The world of acids can be a scary place, even when we’re not talking about LSD. Acids in skincare are no new concept, however as the list of variables, ingredients and buzzwords continue to grow, we thought it might be high-time to get some clarity on acids – how they actually work, who should be using them and where exactly the right place to start is.
Enter: Sydney skin specialist, Jocelyn Petroni. “There are two main categories of acids, most fruit acids fall into the category of an AHA (Alpha Hydroxy Acid) or a BHA (Beta Hydroxy Acid). The difference is that the BHA has a smaller molecule so they can penetrate deeper into the skin, whereas the AHA work more superficially and tend to be more hydrating. BHA’s are oil soluble and tend to be more appropriate for more problematic skin, whereas AHA are better for dehydrated skin and skin that is ageing,” she explains. “Fruit acids were originally derived from nature.
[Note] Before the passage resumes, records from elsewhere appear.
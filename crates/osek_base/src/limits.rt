//! The limits of a system, and of what it is run with. OIL sets some of them, this profile the others.

/// How many tasks there are at most. OIL: TASK.
pub const MAX_TASKS: usize = 64;

/// The highest PRIORITY of a task; the lowest is 0.
pub const MAX_TASK_PRIORITY: u8 = 63;

/// The greatest ACTIVATION of a task, in jobs; the least is 1.
pub const MAX_ACTIVATION: u8 = 15;

/// How many interrupt routines there are at most. OIL: ISR.
pub const MAX_ROUTINES: usize = 16;

/// The highest PRIORITY of an interrupt routine; the lowest is 0.
pub const MAX_ROUTINE_PRIORITY: u8 = 31;

/// How many declared resources there are at most. OIL: RESOURCE.
pub const MAX_RESOURCES: usize = 32;

/// How many events there are at most: a mask has a bit for each. OIL: EVENT.
pub const MAX_EVENTS: usize = 32;

/// How many counters there are at most. OIL: COUNTER.
pub const MAX_COUNTERS: usize = 8;

/// The greatest MAXALLOWEDVALUE of a counter, in counts; the least is 1.
pub const MAX_COUNTS: u32 = 2_147_483_647;

/// How many alarms there are at most. OIL: ALARM.
pub const MAX_ALARMS: usize = 64;

/// How many application modes there are at most; there is at least one. OIL: APPMODE.
pub const MAX_MODES: usize = 8;

/// How many bytes a name has at most; it has at least one.
pub const MAX_NAME: usize = 32;

/// How many instructions a program has at most.
pub const MAX_INSTRUCTIONS: usize = 1024;

/// How many registers the modelled processor has.
pub const REGISTERS: usize = 8;

/// How many words there are in the window of a task or a routine.
pub const WINDOW_WORDS: usize = 64;

/// How many words there are in the window of a standard resource.
pub const SHARED_WORDS: usize = 16;

/// How many interrupt requests an arrival list has at most.
pub const MAX_ARRIVALS: usize = 65_536;

/// How many ticks a run has at most.
pub const MAX_TICKS: u32 = 1_000_000;

/// How many records a tick has at most.
pub const MAX_RECORDS: usize = 72;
The way that these work is that after applying topically, they dissolve or digest away the surface skin cells. They work as exfoliants to remove the dry and dead skin. Then we have acids which are oil soluble. These will dissolve into the pore and break down blocked pores or oil that has built up and clogged the pore.”
Essentially, if you are aiming towards brighter, smoother, and a more even complexion, AHA’s are your ticket. If you’re dealing with breakouts and blackheads, BHA’s will sort you out. If both conditions are a concern, work with them together in moderation. “For sensitive skins, I would recommend papaya or pomegranate, which are actually enzymes, rather than acids, so they are milder, but they will still buff away gently and smooth the surface of the skin. For people who find granular physical exfoliants too harsh for their skin, a mild fruit enzyme is perfect,” Petroni advises.
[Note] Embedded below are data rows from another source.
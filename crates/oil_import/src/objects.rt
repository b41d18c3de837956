//! OIL: standard objects. An object with its attributes and their blocks.

use crate::attributes::{
    attribute_of, is_of_communication, is_software_counter, kind_of, value_of,
};
use crate::braces::inside;
use crate::declared::is_scheduler;
use crate::earlier::EarlierAttributes;
use crate::items::{Item, Written};
use crate::links::LINKED;
use crate::messages::{Subject, Verdict};
use crate::reasons;
use crate::settings::Importer;
use crate::sources::Place;
use crate::tables::is_table;
use crate::taken::is_one;
use oil_reader::{AttributeName, Kind, attributes_of};
use std::alloc::{AllocError, Global};

/// An object that is imported: its kind and name, and the place of its end.
#[derive(Clone, Copy)]
struct ImportedObject<'a> {
    kind: Kind,
    name: &'a str,
    end: Place,
}

/// Whether an attribute says that a resource is linked.
fn is_linked(attribute: AttributeName, item: &Item<'_>) -> bool {
    match item.written {
        Written::Word(value) => attribute == AttributeName::ResourceProperty && value == LINKED,
        _ => false,
    }
}

/// Whether a value is that of an attribute that activates a task, sets an event or runs code.
pub(crate) fn is_action(value: &str) -> bool {
    matches!(
        value,
        "ACTIVATETASK" | "SETEVENT" | "ALARMCALLBACK" | "COMCALLBACK" | "NMCALLBACK"
    )
}

/// Why an attribute that isn't known is left out.
fn reason_for(kind: Kind, word: &str) -> &'static str {
    match (kind, word) {
        (Kind::Os, "CC") => reasons::CLASS,
        (Kind::Os, "SCHEDULE") => reasons::SCHEDULING,
        (Kind::Task | Kind::Isr, "MESSAGE" | "ACCESSOR") => reasons::COMMUNICATION,
        (Kind::Task | Kind::Isr, "TIMING_PROTECTION") => reasons::BUDGETS,
        _ => reasons::UNKNOWN_ATTRIBUTE,
    }
}

/// What an item says, for a message.
pub(crate) fn subject_of<'a>(item: &Item<'a>) -> Subject<'a> {
    match item.written {
        Written::Nothing | Written::Text(_) => Subject::Word(item.word),
        Written::Name(name) => Subject::Object(item.word, name),
        Written::Word(value) => Subject::Setting(item.word, value),
    }
}

/// The attributes of the block behind a value.
pub(crate) fn block_of(attribute: AttributeName, value: &str) -> &'static [AttributeName] {
    match value_of(value) {
        Some(value) => attribute.block(value),
        None => &[],
    }
}

impl<'a> Importer<'a> {
    /// Refuses an item that isn't of its form, and answers whether it did.
    pub(crate) fn refuse_form(&mut self, item: &Item<'a>) -> Result<bool, AllocError> {
        let Some((place, reason)) = item.fault else {
            return Ok(false);
        };
        self.messages
            .refuse(place, Subject::Word(item.word), reason)?;
        Ok(true)
    }

    /// An item among the objects of a CPU, and what stands in its braces.
    pub(crate) fn object(
        &mut self,
        alloc: Global,
        number: usize,
        item: &Item<'a>,
        attributes: &[Item<'a>],
    ) -> Result<(), AllocError> {
        let Some(kind) = kind_of(item.word) else {
            if is_table(item.word) {
                return self.table(alloc, item, attributes);
            }
            return self.other_object(item, attributes);
        };
        if self.refuse_form(item)? {
            return Ok(());
        }
        let Written::Name(name) = item.written else {
            let subject = Subject::Word(item.word);
            return self.messages.refuse(item.place, subject, reasons::NO_NAME);
        };
        if is_scheduler(kind, name) {
            let reason = reasons::RES_SCHEDULER_IS_THERE;
            return self
                .messages
                .leave_out(item.place, subject_of(item), reason);
        }
        if !self.is_declared(kind, name, number) {
            return self.refuse_name(kind, name, item);
        }
        self.budgets.note(kind, name, attributes)?;
        self.draft.open_object(item.word, name)?;
        let end = item.end;
        self.attributes(alloc, ImportedObject { kind, name, end }, attributes)?;
        self.draft.close_object()
    }

    /// Whether that item is the one that declares an object.
    fn is_declared(&self, kind: Kind, name: &str, number: usize) -> bool {
        match self.objects.find(kind, name) {
            Some(object) => object.number == number,
            None => false,
        }
    }

    fn refuse_name(
        &mut self,
        kind: Kind,
        name: &'a str,
        item: &Item<'a>,
    ) -> Result<(), AllocError> {
        let reason = match self.objects.refusal(kind, name) {
            Some(reason) => reason,
            None => reasons::NOT_READ,
        };
        self.messages
            .refuse(item.written_place, subject_of(item), reason)
    }

    /// Refuses what activates a task, sets an event or runs code, in the braces of an object whose
    /// kind isn't known, and answers whether there is such a thing.
    fn refuse_actions(&mut self, items: &[Item<'a>]) -> Result<bool, AllocError> {
        let mut is_refused = false;
        for item in items {
            if let Written::Word(value) = item.written {
                if is_action(value) {
                    self.messages
                        .refuse(item.place, subject_of(item), reasons::OTHER_ACTION)?;
                    is_refused = true;
                }
            }
        }
        Ok(is_refused)
    }

    /// Something among the objects of a CPU that is none. Nothing is told of it beside what is refused
    /// of it.
    fn other_object(&mut self, item: &Item<'a>, attributes: &[Item<'a>]) -> Result<(), AllocError> {
        if item.fault.is_none() && self.refuse_actions(attributes)? {
            return Ok(());
        }
        let reason = match item.written {
            Written::Name(_) | Written::Nothing if item.fault.is_some() => {
                let _ = self.refuse_form(item)?;
                return Ok(());
            }
            _ if is_of_communication(item.word) => reasons::COMMUNICATION,
            Written::Name(_) | Written::Nothing => reasons::UNKNOWN_KIND,
            Written::Word(_) | Written::Text(_) => reasons::UNKNOWN_ATTRIBUTE,
        };
        self.messages
            .leave_out(item.place, subject_of(item), reason)
    }

    /// The attributes of an object.
    fn attributes(
        &mut self,
        alloc: Global,
        object: ImportedObject<'a>,
        items: &[Item<'a>],
    ) -> Result<(), AllocError> {
        let scope = attributes_of(object.kind);
        let mut seen = EarlierAttributes::new(alloc);
        let depth = depth_of(items);
        for (number, item) in items.iter().enumerate() {
            if item.depth == depth {
                match attribute_of(scope, item.word) {
                    Some(attribute) => {
                        let block = inside(items, number, depth);
                        self.attribute(alloc, object, attribute, item, block, &mut seen)?;
                    }
                    None => self.other_attribute(object.kind, item)?,
                }
            }
        }
        self.list_linked(alloc, object, &seen)?;
        self.refuse_default_activations(object, &seen)?;
        if object.kind == Kind::Isr {
            self.set_bent_priority(object.end, items, &mut seen)?;
        }
        self.set_all_missing(scope, &seen, object.end)
    }

    /// An attribute that isn't known.
    fn other_attribute(&mut self, kind: Kind, item: &Item<'a>) -> Result<(), AllocError> {
        if kind == Kind::Isr && item.word == "RESOURCE" {
            return self.routines_resource(item);
        }
        if is_software_counter(kind, item) {
            let (subject, reason) = (subject_of(item), reasons::COUNTS_TICKS);
            return self
                .messages
                .tell(item.place, Verdict::Kept, subject, reason);
        }
        self.leave_out(item, reason_for(kind, item.word))
    }

    /// Leaves an item out, where it is of its form.
    pub(crate) fn leave_out(
        &mut self,
        item: &Item<'a>,
        reason: &'static str,
    ) -> Result<(), AllocError> {
        if self.refuse_form(item)? {
            return Ok(());
        }
        self.messages
            .leave_out(item.place, subject_of(item), reason)
    }

    /// Refuses several activations of a task that lists an event.
    fn refuse_activations(
        &mut self,
        object: ImportedObject<'a>,
        item: &Item<'a>,
        value: &str,
    ) -> Result<(), AllocError> {
        if is_one(value) || self.objects.is_basic(object.name) {
            return Ok(());
        }
        self.messages.refuse(
            item.written_place,
            subject_of(item),
            reasons::ONE_ACTIVATION,
        )
    }

    /// Refuses a resource that is linked to none that is there, to an internal one, or in a circle.
    fn refuse_link(&mut self, name: &str, item: &Item<'a>) -> Result<(), AllocError> {
        let is_there = match self.links.root(name) {
            Some(root) => self.objects.find(Kind::Resource, root).is_some(),
            None => false,
        };
        if is_there {
            return Ok(());
        }
        self.messages
            .refuse(item.written_place, subject_of(item), reasons::NO_LINK)
    }

    /// Has a task that lists a linked resource list all that are linked to the same one.
    fn list_linked(
        &mut self,
        alloc: Global,
        object: ImportedObject<'a>,
        seen: &EarlierAttributes<'a>,
    ) -> Result<(), AllocError> {
        if object.kind != Kind::Task {
            return Ok(());
        }
        let listed = seen.names(alloc, AttributeName::TaskResource)?;
        for name in self.links.besides(alloc, listed.as_slice())? {
            let subject = Subject::Setting("RESOURCE", name);
            self.messages
                .tell(object.end, Verdict::Set, subject, reasons::ONE_CEILING)?;
            self.draft.setting("RESOURCE", name)?;
        }
        Ok(())
    }

    /// Refuses several activations that a default gives a task that lists an event.
    fn refuse_default_activations(
        &mut self,
        object: ImportedObject<'a>,
        seen: &EarlierAttributes<'a>,
    ) -> Result<(), AllocError> {
        let Some(value) = self.defaults.of(AttributeName::Activation) else {
            return Ok(());
        };
        let is_missing = object.kind == Kind::Task && !seen.has(AttributeName::Activation);
        if !is_missing || is_one(value) || self.objects.is_basic(object.name) {
            return Ok(());
        }
        let subject = Subject::Setting("ACTIVATION", value);
        self.messages
            .refuse(object.end, subject, reasons::ONE_ACTIVATION)
    }

    /// An attribute of an object, and its block.
    fn attribute(
        &mut self,
        alloc: Global,
        object: ImportedObject<'a>,
        attribute: AttributeName,
        item: &Item<'a>,
        block: &[Item<'a>],
        seen: &mut EarlierAttributes<'a>,
    ) -> Result<(), AllocError> {
        let Some(value) = self.taken(attribute, item, seen)? else {
            return Ok(());
        };
        if attribute == AttributeName::Activation {
            self.refuse_activations(object, item, value)?;
        }
        match self.priorities.renumbered(attribute, value) {
            Some(becomes) => self.draft.open_number(item.word, becomes)?,
            None => self.draft.open_setting(item.word, value)?,
        }
        if is_linked(attribute, item) {
            self.refuse_link(object.name, item)?;
            return self.draft.close_setting();
        }
        let scope = block_of(attribute, value);
        if scope.is_empty() {
            self.block(alloc, scope, item.end, block)?;
        } else {
            self.draft.open_block()?;
            self.block(alloc, scope, item.end, block)?;
            self.draft.close_block()?;
        }
        self.draft.close_setting()
    }

    /// The attributes of a block.
    pub(crate) fn block(
        &mut self,
        alloc: Global,
        scope: &[AttributeName],
        end: Place,
        items: &[Item<'a>],
    ) -> Result<(), AllocError> {
        let mut seen = EarlierAttributes::new(alloc);
        let depth = depth_of(items);
        for item in items {
            if item.depth == depth {
                match attribute_of(scope, item.word) {
                    Some(attribute) => self.sub_attribute(scope, attribute, item, &mut seen)?,
                    None => self.leave_out(item, reasons::UNKNOWN_ATTRIBUTE)?,
                }
            }
        }
        self.set_all_missing(scope, &seen, end)
    }

    /// An attribute of a block.
    fn sub_attribute(
        &mut self,
        scope: &[AttributeName],
        attribute: AttributeName,
        item: &Item<'a>,
        seen: &mut EarlierAttributes<'a>,
    ) -> Result<(), AllocError> {
        let Some(value) = self.taken(attribute, item, seen)? else {
            return Ok(());
        };
        let is_of_event = scope.contains(&AttributeName::ActionEvent);
        if attribute == AttributeName::ActionTask && is_of_event && self.objects.is_basic(value) {
            let place = item.written_place;
            self.messages
                .refuse(place, subject_of(item), reasons::BASIC_TASK)?;
        }
        self.draft.setting(item.word, value)
    }

    /// Sets the attributes that are missing at the end of an object or block.
    fn set_all_missing(
        &mut self,
        scope: &[AttributeName],
        seen: &EarlierAttributes<'a>,
        end: Place,
    ) -> Result<(), AllocError> {
        for attribute in scope {
            if !seen.has(*attribute) {
                self.set_missing(*attribute, end)?;
            }
        }
        Ok(())
    }
}

/// The depth of items that stand in one pair of braces.
pub(crate) fn depth_of(items: &[Item<'_>]) -> usize {
    match items.first() {
        Some(item) => item.depth,
        None => 0,
    }
}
If you’re curious about which individual acids sit in the aforementioned categories, acids like Lactic, Glycolic, Malic and Tartaric live in the AHA family, and Salicylic and Citric acid in the BHA family. When looking outside the realm of exfoliation, plenty of alternative acids exist, too. Ingredients like Hyaluronic acid act as a humectant, which basically means they will draw moisture from surrounding and help to hold moisture in the skin, and Ascorbic acid (a more legit word for Vitamin C) works as an antioxidant to brighten, lift pigmentation, and protect against free radicals.
With the number of products containing acids out there, it’s almost impossible to know where to start even when saddled with all of the above information. For ease of reference, we’ve put together a list of our preferred forms of acid, in all their glory.
A complete all-rounder, the iS Clinical Active Serum will brighten, improve congestion and defend against signs of ageing. The results-oriented formula also decreases the appearance of fine lines, evens the skins tone, and supports blemish-prone skin en route to clarity. Packed with glycolic acid (AHA) and salicylic acid (BHA), this one won’t strip your skin – rather will leave it plumped, smoothed and more hydrated within days.
The cult favourite
Is this even a story on acids if Lotion P50doesn’t feature? The cult favourite is both of these things for a reason. Hailed to condition, purify, cleanse and exfoliate the dermis, P50 is packed with AHA’s and BHA’s, amongst a myriad of other botanical and vitamin extracts that smell like manure, but do exactly what they say.
Back to basics
This gel formula keeps it fairly simple with only seven ingredients, and works to reduce clogged pores and dissolve excess sebum with oil-soluble Salicylic acid and Citric acid. The gel can be used over the whole face, or to target problem areas, as BHA’s are a gentle and non-invasive way to combat breakouts without doing excess damage to the skin’s barrier function.
The hydration high achiever
A slightly different form of acid, this is a Hyaluronic acid-based serum contains high concentrations of Vitamin B5, which works to repair skin and increase barrier function. Hyaluronic acid is one of the more popular hydrators on the market, binding moisture to the skin, making it perfect for dehydrated, ageing and sensitised skins.
A new kind of acid on the market (and not part of the AHA or BHA family) is Alpha Lipoic acid, a highly concentrated antioxidant which could be likened to Vitamin C on ’roids. So much so, that it’s not recommended for daily use. Designed to improve skin texture and tone, renew and brighten, the water-free formula is an antioxidant enzyme which will leave you with a hefty amount of radiance.